Original shape: (3, 8)
LSA shape: (3, 2)


In [2]:
print(X_lsa)

[[ 0.71975512 -0.34064651]
 [ 0.71975512 -0.34064651]
 [ 0.63428041  0.77310307]]


In [5]:
from sklearn.decomposition import LatentDirichletAllocation

In [None]:
lda = LatentDirichletAllocation(n_components=2)
X_lda = lda.fit_transform(X_count)

In [9]:
print(X_lda)

[[0.1491743  0.8508257 ]
 [0.14917387 0.85082613]
 [0.90304224 0.09695776]]


3. The Embedding Era (Word2Vec, GloVe, FastText)

Sklearn doesn’t directly implement Word2Vec, but you can use:

gensim library for Word2Vec/FastText

Or sklearn’s CountVectorizer + TruncatedSVD as a simple approximation of embeddings

Example (gensim):

In [11]:
from gensim.models import Word2Vec

sentences = [["I", "love", "cats"], ["I", "love", "dogs"]]
model = Word2Vec(sentences, vector_size=50, window=2, min_count=1, workers=4)
vector = model.wv['cats']

ModuleNotFoundError: No module named 'gensim'

In [12]:
import gensim
print(gensim.__version__)


ModuleNotFoundError: No module named 'gensim'

4. The Contextual Era (ELMo, Seq2Seq + Attention)

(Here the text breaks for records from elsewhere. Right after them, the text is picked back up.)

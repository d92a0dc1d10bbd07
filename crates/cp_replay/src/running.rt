//! A replay as it runs, line by line.
ghost use Rattle.std.specs.Prelude.{◌≡◌, ◌++◌, ◌∷◌, ◌<◌, [], IfOk, OnOk};
ghost use Rattle.lms_tree.specs.Secret.{leaves_of};
ghost use Rattle.cp_core.specs.Machine.{Admissible, SpellsNext, next_or};
ghost use Rattle.cp_core.specs.declared.event.Event.TheVariants.{Call};
ghost use Rattle.cp_replay.specs.Follows.{CanSign, Following, FollowsOn, HasLeaves, sealed_files};
ghost use Rattle.cp_replay.specs.Replay.{after_call, after_close, after_line};
ghost use Rattle.cp_replay.specs.Script.{LineFits};

use crate::printing::{print_at, print_call, print_closed, print_refused};
use crate::signing::{put_envelope, put_handed, signed_put};
use crate::writer_list::WriterList;
use crate::{EpochFiles, Line, OutOfMemory};
use cp_bytes::{Bytes, digest};
use cp_core::Request;
use cp_statements::{GetRequest, Kind, PutRequest};
use cp_store::{SealedText, Store};
use lms_tree::PrivateKey;
use std::alloc::Global;

// How far a replay has come.
#[derive(Drop)]
pub(crate) struct ReplayRun {
    /// The running store.
    pub store: Store,
    /// SHA-256 of its key.
    pub id: [u8; 32],
    /// The families list of its epoch.
    pub list: WriterList,
    /// The epoch that puts and gets name.
    pub named: u64,
    /// What is printed.
    pub text: Vec<u8>,
    /// The envelopes of the attestations.
    pub handins: Vec<u8>,
    /// The files of the closed epochs.
    pub epochs: Vec<EpochFiles>,
}

// The files of an epoch that was sealed.
fn epoch_files(
    alloc: Global,
    key: &PrivateKey,
    families: Vec<u8>,
    sealed: SealedText,
) -> Result<EpochFiles, OutOfMemory>
    requires { sealed.leaf < leaves_of key.now }
    ensures { IfOk result (λ files. files ≡ sealed_files key.now families.items sealed) }
{
    let mut closing = Vec::new(alloc);
    put_envelope(alloc, &mut closing, key, sealed.leaf, &sealed.text)?;
    Ok(EpochFiles {
        families: Bytes::from_vec(families),
        closing: Bytes::from_vec(closing),
        table: sealed.table,
        log: sealed.log,
    })
}

// The text of the list that is named for the next epoch, if one is.
fn next_text(alloc: Global, next: &Option<WriterList>) -> Result<Option<Bytes>, OutOfMemory>
    ensures text { IfOk result (λ text. text ≡ next.now) }
    ensures spells { IfOk result SpellsNext }
{
    match next {
        None => Ok(None),
        Some(list) => {
            let text = list.copy(alloc)?;
            Ok(Some(Bytes::from_vec(text)))
        }
    }
}

// The list that is named for the next epoch, or else this one.
fn next_or(next: Option<WriterList>, list: WriterList) -> WriterList
    ensures { result ≡ next_or next list }
{
    match next {
        Some(next) => next,
        None => list,
    }
}

// Appends the files of one more epoch.
fn add_files(epochs: &mut Vec<EpochFiles>, files: EpochFiles) -> Result<(), OutOfMemory>
    ensures { OnOk result (epochs.new.items ≡ epochs.old.items ++ files ∷ []) }
{
    epochs.push(files)?;
    Ok(())
}

impl ReplayRun {
    // A call.
    fn call(
        self,
        alloc: Global,
        key: &PrivateKey,
        kind: Kind,
        request: Request,
    ) -> Result<ReplayRun, OutOfMemory>
        requires follows { Following self.store.store self }
        requires leaves { HasLeaves self.store.store key.now }
        requires admissible { Admissible self.store.store (Call 0 request) }
        ensures { IfOk result (λ new. FollowsOn self new
            (λ p. after_call key.now self.store.store p kind request)) }
    {
        let mut run = self;
        let answer = run.store.call(alloc, 0, request)?;
        print_call(&mut run.text, kind, &answer)?;
        put_handed(alloc, &mut run.handins, key, &answer)?;
        Ok(run)
    }

    // A closing, with this families list for the next epoch, or with the epoch's own.
    fn close(
        self,
        alloc: Global,
        key: &PrivateKey,
        next: Option<WriterList>,
    ) -> Result<ReplayRun, OutOfMemory>
        requires follows { Following self.store.store self }
        requires leaves { HasLeaves self.store.store key.now }
        ensures { IfOk result (λ new. FollowsOn self new
            (λ p. after_close key.now self.store.store p next)) }
    {
        let families = self.list.copy(alloc)?;
        let next_families = next_text(alloc, &next)?;
        let ReplayRun {
            store,
            id,
            list,
            named,
            mut text,
            handins,
            mut epochs,
        } = self;
        let (store, done) = store.close(alloc, next_families)?;
        match done {
            Err(why) => {
                print_refused(&mut text, why)?;
                Ok(ReplayRun {
                    store,
                    id,
                    list,
                    named,
                    text,
                    handins,
                    epochs,
                })
            }
            Ok(sealed) => {
                print_closed(&mut text, &sealed.text)?;
                let files = epoch_files(alloc, key, families, sealed)?;
                add_files(&mut epochs, files)?;
                let named = store.epoch();
                Ok(ReplayRun {
                    store,
                    id,
                    list: next_or(next, list),
                    named,
                    text,
                    handins,
                    epochs,
                })
            }
        }
    }

    // The line with this number, from 0.
    pub(crate) fn line(
        self,
        alloc: Global,
        key: &PrivateKey,
        writer: &PrivateKey,
        number: u32,
        line: &Line,
    ) -> Result<ReplayRun, OutOfMemory>
        requires follows { Following self.store.store self }
        requires leaves { HasLeaves self.store.store key.now }
        requires signs { CanSign writer.now number }
        requires fits { LineFits line.now }
        ensures { IfOk result (λ new. FollowsOn self new
            (λ p. after_line key.now writer.now self.store.store number p line.now)) }
    {
        match line {
            Line::Put {
                client,
                block,
                nonce,
                version,
                content,
            } => {
                let store = self.id;
                let hash = digest(content.as_slice());
                let asked = PutRequest {
                    store,
                    epoch: self.named,
                    block: *block,
                    client: *client,
                    nonce: *nonce,
                    version: *version,
                    content: hash,
                };
                let request = signed_put(alloc, writer, number, asked, content.as_slice())?;
                let run = self.call(alloc, key, Kind::Put, request)?;
                Ok(run)
            }
            Line::Get {
                client,
                block,
                nonce,
            } => {
                let store = self.id;
                let asked = GetRequest {
                    store,
                    epoch: self.named,
                    block: *block,
                    client: *client,
                    nonce: *nonce,
                };
                let run = self.call(alloc, key, Kind::Get, Request::Get(asked))?;
                Ok(run)
            }
            Line::Close => {
                let run = self.close(alloc, key, None)?;
                Ok(run)
            }
            Line::CloseWithout { client } => {
                let next = self.list.without(alloc, *client)?;
                let run = self.close(alloc, key, Some(next))?;
                Ok(run)
            }
            Line::At { epoch } => {
                let mut run = self;
                print_at(&mut run.text, *epoch)?;
                run.named = *epoch;
                Ok(run)
            }
        }
    }
}
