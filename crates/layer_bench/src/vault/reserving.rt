//! Making a vault, and reserving leaves one by one.
use cp_outside::Disk;
use key_vault::{LoadFault, Refused, Vault};

const ID: [u8; 32] = [7; 32];

// As many leaves as a bench ever reserves.
const LEAVES: u64 = 1 << 40;

/// The vault of a key on a blank disk. Nothing where the disk holds more, or fails.
pub fn format_blank<K: Disk>(disk: &mut K) -> Option<Vault<'_, K>> {
    let Err(
        Refused {
            disk,
            why: LoadFault::Blank { .. },
        },
    ) = Vault::load(disk, ID, LEAVES)
    else {
        return None;
    };
    match Vault::format(disk, ID, LEAVES) {
        Ok(vault) => Some(vault),
        Err(_) => None,
    }
}

/// The vault after so many reservations of one leaf. Nothing where the disk fails.
pub fn reserve_each<'a, K: Disk>(vault: Vault<'a, K>, count: u64) -> Option<Vault<'a, K>> {
    let mut vault = vault;
    for _turn in 0..count {
        match vault.reserve(1) {
            Ok((next, _leaf)) => vault = next,
            Err(_) => return None,
        }
    }
    Some(vault)
}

Sklearn cannot do deep contextual embeddings.

Use tensorflow.keras or huggingface/transformers for contextual embeddings.

You can simulate sequence models with sklearn pipelines on n-grams, but context is limited.

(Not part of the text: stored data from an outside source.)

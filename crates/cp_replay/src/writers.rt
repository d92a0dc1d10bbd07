//! The writers of a script, and the text of their families list.
ghost use Rattle.std.specs.Prelude.{◌≡◌, ◌++◌, ◌∷◌, ◌<◌, ◌≤◌, ◌^◌, [], IfOk, OnOk, filter, length, map, not, position};
ghost use Rattle.cp_families.specs.Families.{families_text, family_text};
ghost use Rattle.cp_replay.specs.Writers.{is_before, is_other, row_for, rows_text, with_line, with_lines, with_writer};

use crate::writer::Writer;
use crate::{Line, OutOfMemory};
use cp_families::family_of;
use std::alloc::Global;

// The first place whose writer doesn't come before this one.
fn place_for(writers: &[Writer], writer: Writer) -> Option<usize>
    ensures { result ≡ position (λ w. not (is_before w writer)) writers.now }
{
    writers.iter().position(|w| !w.is_before(writer))
}

// Puts a writer in its place, unless it is there.
#[tactic(auto, using(crate::proofs::Inserted::inserted))]
fn add_writer(writers: &mut Vec<Writer>, writer: Writer) -> Result<(), OutOfMemory>
    ensures { OnOk result (writers.new.items ≡ with_writer writers.old.items writer) }
{
    match place_for(writers, writer) {
        None => {
            writers.push(writer)?;
            Ok(())
        }
        Some(place) if writers[place].is_same(writer) => Ok(()),
        Some(place) => {
            writers.insert(place, writer)?;
            Ok(())
        }
    }
}

// Puts the client of a put line in its place.
fn add_line(writers: &mut Vec<Writer>, line: &Line) -> Result<(), OutOfMemory>
    ensures { OnOk result (writers.new.items ≡ with_line writers.old.items line.now) }
{
    match line {
        Line::Put { client, block, .. } => add_writer(
            writers,
            Writer {
                family: family_of(*block),
                client: *client,
            },
        ),
        _ => Ok(()),
    }
}

// The writers of all lines.
#[tactic(auto, using(crate::proofs::WriterLemmas::each_line), unfolding(crate::specs::Writers::with_lines))]
pub(crate) fn writers_of(alloc: Global, lines: &[Line]) -> Result<Vec<Writer>, OutOfMemory>
    ensures writers { IfOk result (λ writers. writers.items ≡ with_lines [] lines.now) }
    ensures few { IfOk result (λ writers. length writers.items ≤ length lines.now) }
{
    let mut writers = Vec::new(alloc);
    for line in lines {
        add_line(&mut writers, line)?;
    }
    Ok(writers)
}

// Appends a row.
#[tactic(auto, unfolding(cp_families::specs::Families::family_text))]
fn put_row(out: &mut Vec<u8>, writer: Writer, key: &[u8; 56]) -> Result<(), OutOfMemory>
    ensures { OnOk result (out.new.items ≡ out.old.items ++ family_text (row_for key.now writer)) }
{
    out.extend_from_slice(&writer.family.to_be_bytes())?;
    out.extend_from_slice(&writer.client.to_be_bytes())?;
    out.extend_from_slice(key)
}

// Appends a row for each writer.
#[tactic(auto, using(crate::proofs::WriterLemmas::each_row))]
fn put_rows(out: &mut Vec<u8>, writers: &[Writer], key: &[u8; 56]) -> Result<(), OutOfMemory>
    ensures { OnOk result (out.new.items ≡ out.old.items ++ rows_text key.now writers.now) }
{
    for writer in writers {
        put_row(out, *writer, key)?;
    }
    Ok(())
}

// The text of the families list that has this key for each of the writers.
#[tactic(auto, unfolding(cp_families::specs::Families::families_text))]
pub(crate) fn list_text(
    alloc: Global,
    writers: &[Writer],
    key: &[u8; 56],
) -> Result<Vec<u8>, OutOfMemory>
    requires { length writers.now < 2 ^ 32 }
    ensures { IfOk result (λ text. text.items ≡ families_text (map (row_for key.now) writers.now)) }
{
    let mut out = Vec::from_slice(alloc, b"CPf1")?;
    let count = writers.len() as u32;
    out.extend_from_slice(&count.to_be_bytes())?;
    put_rows(&mut out, writers, key)?;
    Ok(out)
}

// Appends the writer, unless it is this client.
fn add_other(others: &mut Vec<Writer>, writer: Writer, client: u32) -> Result<(), OutOfMemory>
    ensures { OnOk result (others.new.items
        ≡ others.old.items ++ filter (is_other client) (writer ∷ [])) }
{
    if writer.client != client {
        others.push(writer)?;
    }
    Ok(())
}

// The writers that are another client, in their order.
#[tactic(auto, using(crate::proofs::WriterLemmas::each_other))]
pub(crate) fn others(
    alloc: Global,
    writers: &[Writer],
    client: u32,
) -> Result<Vec<Writer>, OutOfMemory>
    ensures { IfOk result (λ others. others.items ≡ filter (is_other client) writers.now) }
{
    let mut others = Vec::new(alloc);
    for writer in writers {
        add_other(&mut others, *writer, client)?;
    }
    Ok(others)
}
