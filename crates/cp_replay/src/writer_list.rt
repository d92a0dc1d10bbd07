//! The families list of an epoch.
ghost use Rattle.std.specs.Prelude.{◌≡◌, IfOk, map, true};
ghost use Rattle.lms_tree.specs.PublicKey.{key_reads};
ghost use Rattle.cp_core.specs.Store.{SpellsFamilies};
ghost use Rattle.cp_families.specs.Families.{FamiliesFit, families_text};
ghost use Rattle.cp_replay.specs.Writers.{list_without, row_for, rows_for};

use crate::writer::Writer;
use crate::writers::{list_text, others, writers_of};
use crate::{OutOfMemory, Script};
use std::alloc::Global;
use std::marker::Model;

// The families list of an epoch of a replay, which has one key for all its writers. Contracts see
// its text.
#[derive(Drop)]
pub(crate) struct WriterList {
    /// The writers' key.
    pub key: [u8; 56],
    /// Who is in it, ascending.
    pub writers: Vec<Writer>,
    /// Its text.
    pub text: Vec<u8>,
}

impl Model for WriterList {
    ghost use Rattle.std.specs.Prelude.{List, ℕ, map};
    ghost use Rattle.cp_replay.specs.Writers.{IsListOf, row_for};

    ghost Value = { List ℕ };

    ghost view = { λ l. l.text.items };

    ghost invariant = { λ l. IsListOf l.text.items (map (row_for l.key) l.writers.items) };
}

impl WriterList {
    // The list of these writers.
    fn of(alloc: Global, key: [u8; 56], writers: Vec<Writer>) -> Result<WriterList, OutOfMemory>
        requires { FamiliesFit (map (row_for key) writers.items) }
        ensures { IfOk result (λ list. list ≡ families_text (map (row_for key) writers.items)) }
    {
        let text = list_text(alloc, writers.as_slice(), &key)?;
        Ok(WriterList { key, writers, text })
    }

    // The list that has this key for each client of a put line in the family of its block.
    #[tactic(auto, unfolding(crate::specs::Writers::rows_for))]
    pub(crate) fn of_script(
        alloc: Global,
        script: &Script,
        key: [u8; 56],
    ) -> Result<WriterList, OutOfMemory>
        requires { key_reads key ≡ true }
        ensures { IfOk result (λ list. list ≡ families_text (rows_for key script.now)) }
    {
        let writers = writers_of(alloc, script.lines())?;
        WriterList::of(alloc, key, writers)
    }

    // The list less all rows of the client.
    pub(crate) fn without(&self, alloc: Global, client: u32) -> Result<WriterList, OutOfMemory>
        ensures { IfOk result (λ list. list ≡ list_without client self.now) }
    {
        let writers = others(alloc, self.writers.as_slice(), client)?;
        WriterList::of(alloc, self.key, writers)
    }

    // A copy of its text.
    pub(crate) fn copy(&self, alloc: Global) -> Result<Vec<u8>, OutOfMemory>
        ensures text { IfOk result (λ text. text.items ≡ self.now) }
        ensures spells { SpellsFamilies self.now }
    {
        Vec::from_slice(alloc, self.text.as_slice())
    }
}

5. The Transformer Era (BERT, GPT-2)

Sklearn cannot train transformers.

Use transformers library from Hugging Face: BertModel, GPT2Model, DistilBERT.

Sklearn can still be used on top of embeddings for classification/regression:

In [13]:
from transformers import BertTokenizer, BertModel
import torch

tokenizer = BertTokenizer.from_pretrained('bert-base-uncased')
model = BertModel.from_pretrained('bert-base-uncased')

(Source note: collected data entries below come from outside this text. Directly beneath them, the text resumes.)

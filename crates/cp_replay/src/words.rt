//! The words of a line, one after another.
ghost use Rattle.std.specs.Prelude.{◌≡◌, ◌≤◌, ◌∷◌, [], Some, None, MatchOption, ◌==◌, IfSome, length, position};
ghost use Rattle.std.specs.List.{list_all};
ghost use Rattle.cp_replay.specs.Words.{content_at, is_content, is_printable, number_at, words_in};
ghost use Rattle.cp_words.specs.Numbers.{number_in};

use std::marker::Model;

// The words of a line that are left. Contracts see them as a list.
#[derive(Drop)]
pub(crate) struct Words<'a> {
    rest: Option<&'a [u8]>,
}

impl<'a> Model for Words<'a> {
    ghost use Rattle.std.specs.Prelude.{List, ℕ};
    ghost use Rattle.std.specs.Option.{option_map};
    ghost use Rattle.cp_replay.specs.View.{words_left};

    ghost Value = { List (List ℕ) };

    ghost view = { λ w. words_left (option_map (λ t. t.now) w.rest) };
}

impl<'a> Words<'a> {
    /// The words of a line, which are parted by one space each.
    pub fn of(line: &'a [u8]) -> Words<'a>
        ensures { result ≡ words_in line.now }
    {
        Words { rest: Some(line) }
    }

    /// The next word.
    #[tactic(auto, using(crate::proofs::Splits::splits))]
    pub fn next(&mut self) -> Option<&'a [u8]>
        ensures { MatchOption result ((self.old ≡ []) × (self.new ≡ []))
            (λ word. self.old ≡ word.now ∷ self.new) }
    {
        let text = self.rest?;
        match place_of(text, b' ') {
            Some(end) => {
                self.rest = Some(&text[end + 1..]);
                Some(&text[..end])
            }
            None => {
                self.rest = None;
                Some(text)
            }
        }
    }

    /// The next word's number, from `least` to `most`.
    pub fn number(&mut self, least: u64, most: u64) -> Option<u64>
        ensures read { MatchOption result (number_at least most self.old ≡ None)
            (λ n. number_at least most self.old ≡ Some (n, self.new)) }
        ensures within { IfSome result (λ n. (least ≤ n) × (n ≤ most)) }
    {
        let word = self.next()?;
        number(word, least, most)
    }

    /// The next word as a content.
    #[tactic(auto, using(crate::proofs::Numbers::contents), unfolding(crate::specs::Words::content_of))]
    pub fn content(&mut self) -> Option<&'a [u8]>
        ensures read { MatchOption result (content_at self.old ≡ None)
            (λ content. content_at self.old ≡ Some (content.now, self.new)) }
        ensures short { IfSome result (λ content. length content.now ≤ 65536) }
    {
        let word = self.next()?;
        if is_content(word) { Some(word) } else { None }
    }

    /// Whether no word is left.
    #[tactic(auto, using(crate::proofs::Splits::splits))]
    pub fn is_over(&self) -> bool
        ensures { result ≡ (length self.now == 0) }
    {
        match self.rest {
            None => true,
            Some(_) => false,
        }
    }
}

// Where the byte stands first.
pub(crate) fn place_of(text: &[u8], byte: u8) -> Option<usize>
    ensures { result ≡ position (λ b. b == byte) text.now }
{
    text.iter().position(|b| *b == byte)
}

// The number from `least` to `most` that the word spells.
#[tactic(auto, using(crate::proofs::Numbers::numbers), unfolding(cp_words::specs::Numbers::number_in))]
fn number(word: &[u8], least: u64, most: u64) -> Option<u64>
    ensures read { result ≡ number_in least most word.now }
    ensures within { IfSome result (λ n. (least ≤ n) × (n ≤ most)) }
{
    match str::from_utf8(word) {
        Ok(text) => cp_words::number(text, least, most),
        Err(_) => None,
    }
}

// Whether the word is a content: 1 to 65,536 printable characters.
fn is_content(word: &[u8]) -> bool
    ensures { result ≡ is_content word.now }
{
    1 <= word.len() && word.len() <= 65_536 && is_all_printable(word)
}

// Whether all bytes are printable ASCII and no space.
fn is_all_printable(word: &[u8]) -> bool
    ensures { result ≡ list_all is_printable word.now }
{
    word.iter().all(|byte| is_printable(*byte))
}

// Whether the byte is printable ASCII and no space.
fn is_printable(byte: u8) -> bool
    ensures { result ≡ is_printable byte }
{
    33 <= byte && byte <= 126
}
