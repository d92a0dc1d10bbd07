//! A script's calls and closings, run through a store: what it prints, and the files that it
//! leaves.
#![tactic(auto)]

mod epoch_files;
mod line;
mod printing;
mod reading;
mod replayed;
mod replaying;
mod running;
mod script;
mod script_refusal;
mod signing;
mod words;
mod writer;
mod writer_list;
mod writers;

pub use cp_bytes::OutOfMemory;
pub use cp_store::By;
pub use epoch_files::EpochFiles;
pub use line::Line;
pub use replayed::Replayed;
pub use replaying::replay;
pub use script::Script;
pub use script_refusal::ScriptRefusal;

inputs = tokenizer("I love cats", return_tensors="pt")
outputs = model(**inputs)
embedding = outputs.last_hidden_state


ModuleNotFoundError: No module named 'transformers'

6. The Scale Era (GPT-3/4/5, LLaMA)

Access via API (OpenAI, Hugging Face Inference API).

Use embeddings as input to sklearn models for downstream tasks: clustering, classification, semantic search.

7. The Multimodal Era (CLIP, GPT-4V, Gemini)

Sklearn cannot handle multimodal directly.

Use OpenAI CLIP, Hugging Face CLIP models, or other vision+text embeddings.

Once embeddings are obtained, sklearn can handle clustering, similarity search, classification.